I don't think you could get it cheaper.
Just buy it, it is worth every penny!

Here in europe it is a lot more expensive so i had to pay far more!


----------



## tfalk (Apr 3, 2008)

Keep an eye on digitsmith.com or join the PR600 Yahoo group, occasionally you see them pop up for sale but they usually go pretty quickly.


----------



## sandhopper2 (Apr 26, 2010)

PM rramirez on this site he told me he has a standard hoopmaster for sale , I'm looking for the Mighty hoop version ( Magnetic hoops ) or I would have got his 
Good guy I bought my fast frames from him 
Larry


----------



## AlisonB (Sep 26, 2010)

The mighty hoops are AMAZING. I live in South Africa and have had to import what I want. Not cheap - believe me - but ABSOLUTELY worth it. I have ordered 3 times over the past year to build up my collection. There is now a 7.25" hoop available which is not even listed yet on their web-site. I only saw it mentioned on their Facebook page. Just get 2 hoops for each fixture so that you can have a second garment ready while the first is stitching. Contact Jesse at Hoopmaster. He is REALLY helpful.


----------



## drdoct (Jul 26, 2011)

Sandhopper, I'm pretty sure it's the same system. When you buy the mightyhoops they come with the fixture to attach it to the table of your regular hoopmaster board. Of course you can purchase the hoop alone (which I did), but I'm pretty sure there isn't a mighty hoop board. The new one you get off hoopmaster has the new holes for the larger hoops. If you get the older board and a new large mighty hoop then there should be a template to drill the holes on your own included with it. 

I love the mighty hoops. My only problem is that I can't afford the system or another one right now and I really need the new 7.5". 
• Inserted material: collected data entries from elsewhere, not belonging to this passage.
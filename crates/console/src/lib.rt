// The bench console's language: all of the rig that is neither input nor output.
#![tactic(auto)]

mod bases;
pub mod command;
pub mod digits;
pub mod page;
pub mod words;
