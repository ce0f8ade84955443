// Numbers and bytes as they are read.
ghost use Rattle.std.specs.Prelude.{◌≡◌};
ghost use Rattle.console.specs.Shown.{Puts};
ghost use Rattle.console.specs.Digits.{digit_of, number_of, is_hex, half_of, pair_of, bytes_of};

use crate::bases::{SIXTEEN, TEN, WIDE};
use crate::page::{Page, put_at};

const NO_BYTES: &[u8] = b"-";

fn decimal(b: u8) -> Option<u32>
    ensures { result ≡ digit_of 10 b }
{
    char::from(b).to_digit(u32::from(TEN))
}

// One or more decimal digits, in all no more than `most`.
pub fn number(word: &[u8], most: u64) -> Option<u64>
    ensures { result ≡ number_of most word.now }
{
    if word.is_empty() {
        return None;
    }
    let mut so_far: u64 = 0;
    for b in word {
        let d = decimal(*b)?;
        so_far = so_far.checked_mul(WIDE)?.checked_add(u64::from(d))?;
    }
    (so_far <= most).then_some(so_far)
}

// `-`, or one pair of hex digits or more.
#[tactic(auto, unfolding(crate::specs::Digits::is_hex))]
pub fn is_hex(word: &[u8]) -> bool
    ensures { result ≡ is_hex word.now }
{
    word == NO_BYTES
        || !word.is_empty() && word.len() % 2 == 0 && word.iter().all(|b| b.is_ascii_hexdigit())
}

// Half a byte; a byte that is no hex digit counts as 0. The cast is proved to keep it; `try_from` would add a case that never comes.
fn half(b: u8) -> u8
    ensures { result ≡ half_of b }
{
    char::from(b).to_digit(u32::from(SIXTEEN)).unwrap_or(0) as u8
}

fn pair(high: u8, low: u8) -> u8
    ensures { result ≡ pair_of high low }
{
    half(high) * SIXTEEN + half(low)
}

// The bytes of a word of hex digits.
pub fn put_bytes(page: &mut Page, word: &[u8])
    ensures { Puts (bytes_of word.now) page.old page.new }
{
    let mut used = page.used;
    for digits in word.chunks_exact(2) {
        used = put_at(page.bytes, used, pair(digits[0], digits[1]));
    }
    page.used = used;
}
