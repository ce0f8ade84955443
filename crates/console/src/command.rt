// What a line asks for.
ghost use Rattle.std.specs.Prelude.{◌≡◌};
ghost use Rattle.console.specs.Commands.{on_hex, alone, with_one, with_two, with_three, is_quiet, command_of};

use crate::digits::{is_hex, number};
use crate::words::{SPACE, after_word, first_word, marks};

// The bytes of `Table`, `Check` and `Load` are the line's second word.
#[derive(Clone, Copy)]
pub enum Command {
    Table,
    Check,
    Load,
    // Bytes of the lent buffer.
    Plan(u64),
    Steps(u64),
    // Signal and records lent.
    Live(u64, u64),
    // Task and signal.
    Read(u64, u64),
    // Task, signal and word.
    Write(u64, u64, u64),
    Listing,
}

const HASH: u8 = b'#';

const TABLE: &[u8] = b"table";

const CHECK: &[u8] = b"check";

const LOAD: &[u8] = b"load";

const PLAN: &[u8] = b"plan";

const LIVE: &[u8] = b"live";

const STEP: &[u8] = b"step";

const READ: &[u8] = b"read";

const WRITE: &[u8] = b"write";

const LIST: &[u8] = b"list";

// The longest buffer that the bench lends.
pub const MOST_PLANNED: u64 = 29000;

// As wide as the number it bounds. usize has no From to u64, and a constant's value calls no `try_from`.
const MOST_RECORDS: u64 = rules::MOST_LENT as u64;

pub const MOST_STEPS: u64 = 1000000;

pub const MOST_WORD: u64 = 4294967295;

const ANY: u64 = u64::MAX;

// This command, if its bytes can be read.
fn on_hex(command: Command, word: &[u8]) -> Option<Command>
    ensures { result ≡ on_hex command word.now }
{
    is_hex(word).then_some(command)
}

fn of_name(name: &[u8]) -> Option<Command>
    ensures { result ≡ alone name.now }
{
    match name {
        STEP => Some(Command::Steps(1)),
        LIST => Some(Command::Listing),
        _ => None,
    }
}

fn with_one(name: &[u8], word: &[u8]) -> Option<Command>
    ensures { result ≡ with_one name.now word.now }
{
    match name {
        TABLE => on_hex(Command::Table, word),
        CHECK => on_hex(Command::Check, word),
        LOAD => on_hex(Command::Load, word),
        PLAN => Some(Command::Plan(number(word, MOST_PLANNED)?)),
        STEP => Some(Command::Steps(number(word, MOST_STEPS)?)),
        _ => None,
    }
}

fn with_two(name: &[u8], words: &[u8]) -> Option<Command>
    ensures { result ≡ with_two name.now words.now }
{
    let first = first_word(words);
    let second = after_word(words);
    match name {
        LIVE => Some(Command::Live(number(first, ANY)?, number(second, MOST_RECORDS)?)),
        READ => Some(Command::Read(number(first, ANY)?, number(second, ANY)?)),
        _ => None,
    }
}

fn with_three(name: &[u8], words: &[u8]) -> Option<Command>
    ensures { result ≡ with_three name.now words.now }
{
    if name != WRITE {
        return None;
    }
    let task = number(first_word(words), ANY)?;
    let rest = after_word(words);
    let signal = number(first_word(rest), ANY)?;
    let word = number(after_word(rest), MOST_WORD)?;
    Some(Command::Write(task, signal, word))
}

// An empty line and a comment ask for nothing.
pub fn is_quiet(line: &[u8]) -> bool
    ensures { result ≡ is_quiet line.now }
{
    line.is_empty() || line[0] == HASH
}

// What any other line asks for.
pub fn asked(line: &[u8]) -> Option<Command>
    ensures { result ≡ command_of line.now }
{
    match marks(line, SPACE) {
        0 => of_name(line),
        1 => with_one(first_word(line), after_word(line)),
        2 => with_two(first_word(line), after_word(line)),
        3 => with_three(first_word(line), after_word(line)),
        _ => None,
    }
}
For the original poster. Look for round hoops for your pr machine. With round hoops you can move the hoop a little to get it square. Much easier than the odd square ones that comes with it.


----------



## AlisonB (Sep 26, 2010)

Stich.
I can't send you a reply to your PM until you make some space by deleting something. :-(


----------



## sandhopper2 (Apr 26, 2010)

drdoct said:


> Sandhopper, I'm pretty sure it's the same system. When you buy the mightyhoops they come with the fixture to attach it to the table of your regular hoopmaster board. Of course you can purchase the hoop alone (which I did), but I'm pretty sure there isn't a mighty hoop board. The new one you get off hoopmaster has the new holes for the larger hoops. If you get the older board and a new large mighty hoop then there should be a template to drill the holes on your own included with it.
> 
> I love the mighty hoops. My only problem is that I can't afford the system or another one right now and I really need the new 7.5".
> 
> The mighy hoops take a differnt holder that goes on the main board , if you go to there web site you can see all the parts to make the mighty hoop system It cost about $600 to get the 5 inch hoop set up


----------



## Stich (Apr 17, 2012)

Hoopmaster and mighty hoops is the same company. They have a setup to use mighty hoops in the hoopmaster. I am pretty sure I am going to purchase it. The mighty hoops look too easy to use.


----------